I'll say later on what he's going to charge for the soft stepping if I go ahead with it, as I want to get unbiased opinions first before I say.
		
Click to expand...

Cheers 

Andy


----------



## JustOne (Jan 9, 2011)

I'd change,... how was the dispersion?


----------



## Region3 (Jan 9, 2011)

I'd change,... how was the dispersion?
		
Click to expand...

About the same.

The main advantage for me I think will be not thinking that I have to try to hit it hard to get the best from the club.

Maybe that's all in my head, but the club speed increase tells me the shaft is working better, even if 3-4mph doesn't seem like a lot.

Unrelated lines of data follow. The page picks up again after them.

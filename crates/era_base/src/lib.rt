//! What eractl stands on: the geometry of an origin, names and small lists, and the traits of the outside.
#![tactic(auto)]

mod bay;
mod bay_error;
mod bits;
mod bytes;
mod disk;
mod faults;
mod geometry;
mod ids;
mod items;
pub mod laws;
mod limits;
mod pace;
mod run_source;
mod runs;
mod streams;
mod synced;
mod trail;

pub use bay::Bay;
pub use bay_error::BayError;
pub use bits::has_bit;
pub use bytes::{Bytes, Name};
pub use disk::Disk;
pub use faults::{Failed, Memory};
pub use geometry::{GeomError, Geometry};
pub use ids::CmdId;
pub use items::{Items, ReservedList};
pub use limits::{LAST_ERA, MOST_BLOCKS, MOST_COMMANDS, MOST_SETS, MOST_STRIPES};
pub use pace::{Pace, Point};
pub use run_source::RunSource;
pub use runs::Runs;
pub use streams::{Sink, Source};
pub use synced::write_synced;
pub use trail::Trail;
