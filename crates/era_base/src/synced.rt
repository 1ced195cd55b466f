//! A write that is on the disk once it is answered.

ghost use Rattle.std.specs.Prelude.{◌≡◌, ◌+◌, ◌*◌, true, length, OnOk};
ghost use Rattle.era_base.specs.CrashModel.{LiesOn, SameBut};
ghost use Rattle.era_base.specs.Faults.{HasCount};
ghost use Rattle.era_base.specs.Calls.{EachMoment, Now, MakesCalls, SameDisk, IsOnDisk, WritesThenSyncs};

use crate::disk::Disk;

/// Writes whole sectors from sector `first` on and syncs, by one write and, where that answered Ok, one sync. At Ok the
/// bytes are on the disk, and nothing is pending. The error is the disk's count of faults, which rose: after a failed
/// write, which isn't followed by a sync, a read of the sectors may give any bytes; after a failed sync it gives those
/// that were written, and all that was pending still is.
pub fn write_synced<D: Disk>(disk: &mut D, first: u64, bytes: &[u8]) -> Result<(), u64>
    requires { LiesOn (D.sectors disk.old) first (length bytes.now) }
    ensures told { D.tells ≡ true → WritesThenSyncs first bytes.now result
        (D.history disk.old) (D.history disk.new) }
    ensures moments { EachMoment D.Disk (SameBut (first * 512) (first * 512 + length bytes.now))
        disk.old disk.new }
    ensures written { OnOk result (Now D.Disk (IsOnDisk (first * 512) bytes.now) disk.new) }
    ensures calls { OnOk result (MakesCalls D.Disk 2 disk.old disk.new) }
    ensures disk { SameDisk D.Disk disk.old disk.new }
    ensures cause { HasCount (D.faults disk.old) (D.faults disk.new) result }
{
    let Ok(()) = disk.write(first, bytes) else {
        return Err(disk.faults());
    };
    let Ok(()) = disk.sync() else {
        return Err(disk.faults());
    };
    Ok(())
}
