//! Bits in words of 64 bits.

ghost use Rattle.std.specs.Prelude.{◌≡◌};
ghost use Rattle.era_base.specs.Bits.{bit_of_words};

/// The bit at an index of words, each from its lowest bit on; past the end it is clear. It takes no memory.
pub fn has_bit(words: &[u64], index: u32) -> bool
    ensures { result ≡ bit_of_words words.now index }
{
    match words.get((index / 64) as usize) {
        Some(word) => word >> (index % 64) & 1 == 1,
        None => false,
    }
}
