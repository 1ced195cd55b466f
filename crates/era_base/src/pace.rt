//! Points at which a test may hold a command until another one has come as far.

use crate::ids::CmdId;

/// A point in the life of a command.
#[derive(Clone, Copy, Debug, PartialEq, Eq)]
pub enum Point {
    /// Before the command.
    Start,
    /// A write has entered the gate and has not looked yet.
    InGate,
    /// The keeper's lock was taken.
    InKeeper,
    /// The command is answered.
    Done,
}

/// What each command calls at its points. No clause rests on it.
pub trait Pace {
    /// Is called when the command `id` comes to `point`.
    fn at(&self, point: Point, id: CmdId);
}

Been thinking about it and the increased spin is probably due to using a brand new club with the 5.5 vs my 18mth old club.


----------



## Redwood (Jan 10, 2011)

Gary,

Not sure on cost but i guess you'll need one new 3 shaft for your 3 iron, and then his labour to pull the shafts, butt trim them, and reinstall on the next iron up.

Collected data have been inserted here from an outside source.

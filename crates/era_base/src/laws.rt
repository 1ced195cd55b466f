//! What follows from the disk model, for all that stands on disks. The functions do nothing; their clauses are the laws.

ghost use Rattle.std.specs.Prelude.{◌≡◌, ◌↔◌, ◌⊎◌, ℕ, ◌+◌, ◌<◌, ◌≤◌, List, [], ◌∷◌, length, slice_index};
ghost use Rattle.era_base.specs.Bytes.{part};
ghost use Rattle.era_base.specs.CrashModel.{State, History, Stepped, Continues, Went, SameBut, Wrote, Synced, IsWhole, IsClean, IsCrashImage, clock};
ghost use Rattle.era_base.specs.CrashLaws.{IsImageBetween, ByteRange, range_of, IsOutside, SameOutside};

/// Where no sector is pending, and only there, what a read gives is the only crash image.
pub fn clean_disk_has_one_image()
    ensures { (state : State) → IsClean state
        ↔ ((image : List ℕ) → IsCrashImage state image → image ≡ state.seen) }
{}

/// A disk as it reads is one of its own crash images.
pub fn disk_as_it_reads_is_an_image()
    ensures { (state : State) → IsCrashImage state state.seen }
{}

/// The images from one moment to another stay as they are, whatever is called afterwards.
pub fn images_of_past_moments_stay()
    ensures none { (history : History) → Continues history history }
    ensures call { (old new : History) → Stepped old new → Continues old new }
    ensures calls { (old mid new : History)
        → Continues old mid → Continues mid new → Continues old new }
    ensures images { (old new : History) (first last : ℕ) (image : List ℕ)
        → Continues old new → last ≤ clock old
        → IsImageBetween new first last image ↔ IsImageBetween old first last image }
{}

/// A further call adds the images of the state after it to those from a moment on, and no others.
pub fn call_adds_its_images()
    ensures now { (history : History) (image : List ℕ)
        → IsImageBetween history (clock history) (clock history) image
        ↔ IsCrashImage history.now image }
    ensures call { (old new : History) (first : ℕ) (image : List ℕ)
        → Stepped old new → first ≤ clock old
        → IsImageBetween new first (clock new) image
        ↔ (IsImageBetween old first (clock old) image ⊎ IsCrashImage new.now image) }
    ensures joined { (history : History) (first mid last : ℕ) (image : List ℕ)
        → first ≤ mid → mid ≤ last
        → IsImageBetween history first last image
        ↔ (IsImageBetween history first mid image ⊎ IsImageBetween history mid last image) }
{}

/// What calls have left as it was: one call, and calls after others. A read and a sync leave all of it.
pub fn calls_leave_the_rest()
    ensures write { (first : ℕ) (bytes : List ℕ) (before after : State)
        → Wrote first bytes before after → SameOutside (range_of first bytes ∷ []) before after }
    ensures failed { (range : ByteRange) (before after : State)
        → SameBut range.from range.to before after → SameOutside (range ∷ []) before after }
    ensures sync { (sectors : ℕ) (before after : State) → IsWhole sectors before
        → Synced before after → SameOutside [] before after }
    ensures none { (history : History) → Went (SameOutside []) history history }
    ensures call { (old mid new : History) (ranges : List ByteRange) (range : ByteRange)
        → Went (SameOutside ranges) old mid → Stepped mid new
        → SameOutside (range ∷ []) mid.now new.now
        → Went (SameOutside (range ∷ ranges)) old new }
    ensures quiet { (old mid new : History) (ranges : List ByteRange)
        → Went (SameOutside ranges) old mid → Stepped mid new → SameOutside [] mid.now new.now
        → Went (SameOutside ranges) old new }
    ensures calls { (old mid new : History) (ranges : List ByteRange) (range : ByteRange)
        → Went (SameOutside ranges) old mid → Went (SameBut range.from range.to) mid new
        → Went (SameOutside (range ∷ ranges)) old new }
{}

/// From a sync that answered Ok on, every image has what was read at it outside the ranges written since.
pub fn synced_bytes_survive()
    ensures kept { (before synced new : History)
        (ranges : List ByteRange) (image : List ℕ) (offset : ℕ)
        → Synced before.now synced.now → Went (SameOutside ranges) synced new
        → IsImageBetween new (clock synced) (clock new) image → IsOutside ranges offset
        → slice_index image offset ≡ slice_index synced.now.seen offset }
    ensures part { (before synced new : History)
        (ranges : List ByteRange) (image : List ℕ) (at count : ℕ)
        → Synced before.now synced.now → Went (SameOutside ranges) synced new
        → IsImageBetween new (clock synced) (clock new) image
        → ((offset : ℕ) → at ≤ offset → offset < at + count → IsOutside ranges offset)
        → part at count image ≡ part at count synced.now.seen }
    ensures size { (synced new : History) (ranges : List ByteRange) (image : List ℕ)
        → Went (SameOutside ranges) synced new → IsImageBetween new (clock synced) (clock new) image
        → length image ≡ length synced.now.seen }
{}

I paid Â£10 to get a shaft pulled and installed on a 3 wood.  I guess based on that id be looking to spend Â£80 upwards for the work to pull/trim/re-fit. Not sure on the cost of the shaft -Â£20/Â£30 quid?


----------



## Oddsocks (Jan 10, 2011)

got to be a rouhg Â£125-150 quid bill


----------



## JustOne (Jan 10, 2011)

I'd change,... how was the dispersion?
		
Click to expand...

About the same.
		
Click to expand...

Yep, I'd change,... because if you don't you'll always be wondering.

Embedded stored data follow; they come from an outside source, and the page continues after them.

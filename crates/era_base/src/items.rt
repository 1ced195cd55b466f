//! Lists that contracts see as lists.

ghost use Rattle.std.specs.Prelude.{◌≡◌, ◌==◌, ◌<◌, [], ◌∷◌, ◌++◌, length, replicate, slice_set, IfOk, OnOk, OnErr};

use crate::faults::Memory;
use std::alloc::Global;
use std::marker::Model;

/// A list of items in order.
#[derive(Debug, Drop)]
pub struct Items<T> {
    items: Vec<T>,
}

impl<T> Model for Items<T> {
    ghost use Rattle.std.specs.Prelude.{List};

    ghost Value = { List T };

    ghost view = { λ l. l.items.items };
}

impl<T> Items<T> {
    /// No items. It takes no memory.
    pub fn new(alloc: Global) -> Items<T>
        ensures { result ≡ [] }
    {
        Items {
            items: Vec::new(alloc),
        }
    }

    /// The number of items.
    pub fn len(&self) -> usize
        ensures { result ≡ length self.now }
    {
        self.items.len()
    }

    /// Whether there are no items.
    pub fn is_empty(&self) -> bool
        ensures { result ≡ (length self.now == 0) }
    {
        self.items.is_empty()
    }

    /// The items.
    pub fn as_slice(&self) -> &[T]
        ensures { result.now ≡ self.now }
    {
        self.items.as_slice()
    }
}

impl<T: Drop> Items<T> {
    /// Adds an item behind the others.
    pub fn push(&mut self, item: T) -> Result<(), Memory>
        ensures ok { OnOk result (self.new ≡ self.old ++ item ∷ []) }
        ensures err { OnErr result (self.new ≡ self.old) }
    {
        self.items.push(item)?;
        Ok(())
    }

    /// Puts an item into the place of another. It takes no memory.
    pub fn set(&mut self, index: usize, item: T)
        requires { index < length self.old }
        ensures { self.new ≡ slice_set self.old index item }
    {
        self.items[index] = item;
    }
}

impl<T: Copy> Items<T> {
    /// So many copies of an item. Neither `set` nor `copy_from` takes memory afterwards.
    pub fn repeat(alloc: Global, item: T, count: usize) -> Result<Items<T>, Memory>
        ensures { IfOk result (λ list. list ≡ replicate count item) }
    {
        let mut items = Vec::new(alloc);
        items.resize(count, item)?;
        Ok(Items { items })
    }

    /// Puts as many other items into the places of all. It takes no memory.
    pub fn copy_from(&mut self, items: &[T])
        requires { length self.old ≡ length items.now }
        ensures { self.new ≡ items.now }
    {
        self.items.copy_from_slice(items);
    }
}

/// A list that always has room for `ROOM` items: only `with_room` takes memory.
#[derive(Debug, Drop)]
pub struct ReservedList<T, const ROOM: usize> {
    items: Vec<T>,
}

impl<T, const ROOM: usize> Model for ReservedList<T, ROOM> {
    ghost use Rattle.std.specs.Prelude.{◌≤◌, List, vec_capacity};

    ghost Value = { List T };

    ghost view = { λ l. l.items.items };

    ghost invariant = { λ l. ROOM ≤ vec_capacity l.items };
}

impl<T, const ROOM: usize> ReservedList<T, ROOM> {
    /// No items, and room for `ROOM`.
    pub fn with_room(alloc: Global) -> Result<ReservedList<T, ROOM>, Memory>
        ensures { IfOk result (λ list. list ≡ []) }
    {
        Ok(ReservedList {
            items: Vec::with_capacity(alloc, ROOM)?,
        })
    }

    /// The number of items.
    pub fn len(&self) -> usize
        ensures { result ≡ length self.now }
    {
        self.items.len()
    }

    /// Adds an item behind the others.
    pub fn push_reserved(&mut self, item: T)
        requires { length self.old < ROOM }
        ensures { self.new ≡ self.old ++ item ∷ [] }
    {
        self.items.push_reserved(item);
    }

    /// Takes the first item out. The others keep their order, and the list its room.
    pub fn take_first(&mut self) -> T
        requires { 0 < length self.old }
        ensures { self.old ≡ result ∷ self.new }
    {
        self.items.remove(0)
    }

    /// The items.
    pub fn as_slice(&self) -> &[T]
        ensures { result.now ≡ self.now }
    {
        self.items.as_slice()
    }
}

Alternatively just buy another set


----------



## Imurg (Jan 10, 2011)

If your 6.0's are really 6.3's and you felt better using the 5.5 then I'd say its got to be worth the change.
You need one heck of a swing speed to get the best from 6.0's let alone 6.3's.
Better to be able to swing smoothly than be thinking you've got to get after every shot to make the club work.


----------



## Ethan (Jan 10, 2011)

I wouldn't spend Â£120 soft stepping shafts in a used set. That will take them down about 0.3 or so, not from midway between 6.0 and 6.5 to 5.7. Although some people say that PX are weight matched, not frequency matched, so the flex is not necessarily comparable with he standard Rifle scale or even consistent from set to set. 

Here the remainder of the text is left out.